Boo Hewerdine, back with his first band album for a decade, is regarded as somewhat of a legendary librettist, the songwriter’s songwriter, but there’s little evidence here to indicate how that reputation came about. God Bless the Pretty Things ought to feel fresh and vital but it actually just sounds tired and rather lost in time. The world has moved on apace in the last decade and we are currently awash with guitar wielding troubadours, both male and female, with a story to tell. The band he’s assembled for this project tells its own story; with musicians culled from Del Amitri, and both Eddie Reader and Mark Knopfler’s backing bands this was always going to be a fairly cosy and unchallenging project, and while it is acoustically pleasant on the ear I’d it never threatens to demand attention.

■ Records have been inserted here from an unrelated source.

ghost use Rattle.std.specs.Prelude.{ℕ, [], ◌∷◌, ◌≡◌, ◌<◌, ◌≤◌, ◌+◌, ◌↔◌, length, not, true, None, Some};
ghost use Rattle.std.specs.Prelude.{IfErr, IfOk, OnOk};
ghost use Rattle.std.specs.Prelude.{false, is_some, replicate, IsErrOf};
ghost use Rattle.tword.specs.Accesses.{Changing, Frees, IsMemorySize, no_claims, with_output, with_input};
ghost use Rattle.tword.specs.Accesses.{without_output, without_input};
ghost use Rattle.tword.specs.declared.breaks.Break.TheVariants.{SavedWord};
ghost use Rattle.tword.specs.Stores.{word_at, with_word, with_cells, cells, as_cells, byte_at};
ghost use Rattle.tword.specs.Claims.{saving, has_saved, is_input, saved_words, overlap};
ghost use Rattle.tword.specs.Touches.{Reads, Writes, claim_break, span_break, word_break, copy_break};
ghost use Rattle.tword.specs.Touches.{deschedule_break};
ghost use Rattle.tword.specs.Touches.{is_inside, byte_span};
ghost use Rattle.tword.specs.Words.{word_below};
ghost use Rattle.tword.specs.Actions.{or_break, is_slot, unmet};
ghost use Rattle.tproc.specs.Placement.{IsWorkspace};
ghost use Rattle.tproc.specs.Checks.{KeepsShape, may_touch};
ghost use Rattle.tword.specs.Limits.{largest_memory, most_processes};
ghost use Rattle.tword.specs.declared.kind.Kind.TheVariants.{Two};
ghost use Rattle.tcode.specs.Known.{AreFetched};

use std::alloc::Global;
use tcode::CodeTable;
use tword::{Break, Kind, Marks, Memory, MemoryFault, Span, Word};

/// A memory with its claims and its decoded code, of which each change forgets what it touches. Of each change there is
/// one call that checks it, or one for a caller that has checked it.
#[derive(Drop)]
pub struct ClaimedMemory {
    pub memory: Memory,
    pub marks: Marks,
    pub codes: CodeTable,
    ghost size: { length memory.bytes ≤ largest_memory Two },
    ghost inside: { (w : ℕ) → has_saved marks w ≡ true → is_inside (length memory.bytes) (saved_words w) ≡ true },
    ghost fetched: { AreFetched codes.entries.items memory.bytes marks },
}

/// Whether a span keeps clear of the three words below a workspace.
#[inline]
fn keep_clear(workspace: Word, start: Word, size: u32) -> Result<(), Break>
    ensures { result
        ≡ or_break (unmet (not (overlap (record { start = start; size = size }) (saved_words workspace))) SavedWord)
        tt }
{
    let span = Span { start, size };
    if span.overlaps(&Span::saved_words(workspace)) {
        Err(Break::SavedWord)
    } else {
        Ok(())
    }
}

Understatement has its place in music but the bottom line is that this album is just too safe; overly staid and lacking in any humour it fails to engage the listener. Mark Knopfler, with whom Hewerdine shares a common McCusker, can afford to pen safe and dull songs because he has the fallback position of being a world class guitar legend but Hewerdine has nowhere to hide if you happen to find his songs a tad uneventful. It is all a matter of taste of course and there will always be those who’ll find comfort in his languid, uneventful style. The degree to which the album is shackled by tradition is best encapsulated in ‘New Year’s Eve’, which is a Celtic infused ballad comprised of lyrics such as and I will take a strangers hand and sing auld lang syne. It is hard to criticise an album which captures an artist coasting on a plateau of domestic contentment but, as introspective songs such as ‘Soul Mate’ and ‘You and Me’, demonstrate, satisfaction rarely makes for great art.

Best of the bunch are the yearning homecoming tale of 'Sleeping Lions' and the reflective, jazz inflected, 'Rags' which sees Hewerdine ponder his future and debate whether he'd give himself assistance if he ever met himself in dressed in rags. Philosophically and conceptually sound God Bless The Pretty Things is a brief glimpse into the soul of an artist, but it is unlikely to convert any fence sitters. One for the fans.